Recognizing Effective Ventilation
Recognizing effective ventilation is important to ensure the patient receives adequate oxygen. The most observable sign of effective breath delivery is visible and symmetrical chest rise and fall with each breath. This indicates that air is entering the lungs and causing them to expand.
In addition to visual cues, rescuers should listen for breath sounds over both sides of the chest, indicating air entry into the lungs. Feeling for exhaled air from the mask during the patient’s passive exhalation can also confirm airflow. Monitoring the patient’s overall response provides further indication of effective ventilation, including an improvement in skin color or level of consciousness.
For trained rescuers, capnography measures the amount of carbon dioxide in exhaled breath (end-tidal CO2), offering real-time feedback on ventilation effectiveness. This advanced monitoring tool provides a numerical value and waveform that can help confirm adequate air exchange and guide ventilation efforts.

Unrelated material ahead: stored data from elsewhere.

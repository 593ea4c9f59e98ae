//! The pins that matched pairs hand up to the pairs that call them.
ghost use Rattle.std.specs.Prelude.{◌≡◌, ◌<◌, ℕ, true, IfOk, length, take};
ghost use Rattle.composed_laws.specs.Answered.{pairing_or, right_pins};
ghost use Rattle.job_graph.specs.Graph.{has};
ghost use Rattle.match_types.specs.Children.{is_told};
ghost use Rattle.match_types.specs.Plain.{plain_answer};
ghost use Rattle.net_model.specs.Rows.{plain_circuit, plain_netlist};
ghost use Rattle.pair_jobs.specs.Children.{AreChildrenOf, list_in};

use job_graph::Reads;
use match_types::{Answer, ChildPins};
use net_model::{Circuit, Netlist};
use std::alloc::{AllocError, Global};

// The first numbers of a list, as many as these or all.
fn front(alloc: Global, numbers: &[u32], count: usize) -> Result<Vec<u32>, AllocError>
    ensures { IfOk result (λ v. v.items ≡ take count numbers.now) }
{
    let count = count.min(numbers.len());
    numbers[..count].to_vec(alloc)
}

// The right pin of each left pin of a circuit, where its pair is matched.
fn pins_of(
    alloc: Global,
    circuit: &Circuit,
    answer: &Answer,
) -> Result<Option<Vec<u32>>, AllocError>
    ensures { IfOk result (λ found. list_in found
        ≡ right_pins (plain_circuit circuit.now) (pairing_or (plain_answer answer.now))) }
{
    match answer {
        Answer::Match(pairing) => {
            let pins = front(alloc, &pairing.nets, circuit.pins.len())?;
            Ok(Some(pins))
        }
        Answer::Differs(_) | Answer::Undecided(_) | Answer::Skipped(_) => Ok(None),
    }
}

/// The right pin of each left pin of these pairs, where they are matched, and nothing for all
/// others; and whether names tell the pins of the pair above apart. Linear in the pins.
pub fn child_pins<R: Reads<Answer>>(
    alloc: Global,
    left: &Netlist,
    pairs: &[u32],
    reads: &R,
    told: bool,
) -> Result<ChildPins, AllocError>
    requires there { (pair : ℕ) → has pair pairs.now ≡ true
        → pair < length (plain_netlist left.now).circuits }
    requires read { (pair : ℕ) → has pair pairs.now ≡ true → R.may_read reads.now pair }
    ensures children { IfOk result
        (AreChildrenOf (plain_netlist left.now) (R.value reads.now) pairs.now) }
    ensures told { IfOk result (λ children. is_told children ≡ told) }
{
    let mut children = ChildPins::new(alloc, told);
    for pair in pairs {
        let circuit = &left.circuits[*pair as usize];
        let found = pins_of(alloc, circuit, reads.get(*pair))?;
        match found {
            Some(pins) => children.set(*pair, pins)?,
            None => {}
        }
    }
    Ok(children)
}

Addressing Challenges During Ventilation
Despite careful preparation and technique, challenges can arise during bag-mask ventilation that may hinder effectiveness. An inadequate mask seal is a common problem, allowing air to leak around the mask rather than entering the patient’s lungs. This can be addressed by re-adjusting the mask position, ensuring the correct mask size is used, applying the E-C clamp method firmly, or switching to a two-person technique for a better seal.
Airway obstruction can impede ventilation, often caused by the tongue falling back in an unconscious patient. Repositioning the patient’s airway using the head-tilt/chin-lift or jaw-thrust maneuvers can alleviate this. Inserting an oropharyngeal or nasopharyngeal airway adjunct can help maintain an open airway by preventing the tongue from obstructing the throat.
Gastric inflation, where air enters the stomach instead of the lungs, is a risk, especially with overly forceful or rapid ventilations. This can lead to vomiting and further complications. Minimizing gastric inflation involves delivering appropriate breath volumes, aiming only for visible chest rise, and avoiding aggressive squeezing of the bag. If gastric inflation occurs, reducing tidal volume while maintaining ventilation frequency can help.
Equipment malfunctions, such as the bag not refilling, are less common but require immediate attention. Checking for kinks in the oxygen tubing or issues with the bag’s one-way valve can help troubleshoot these problems.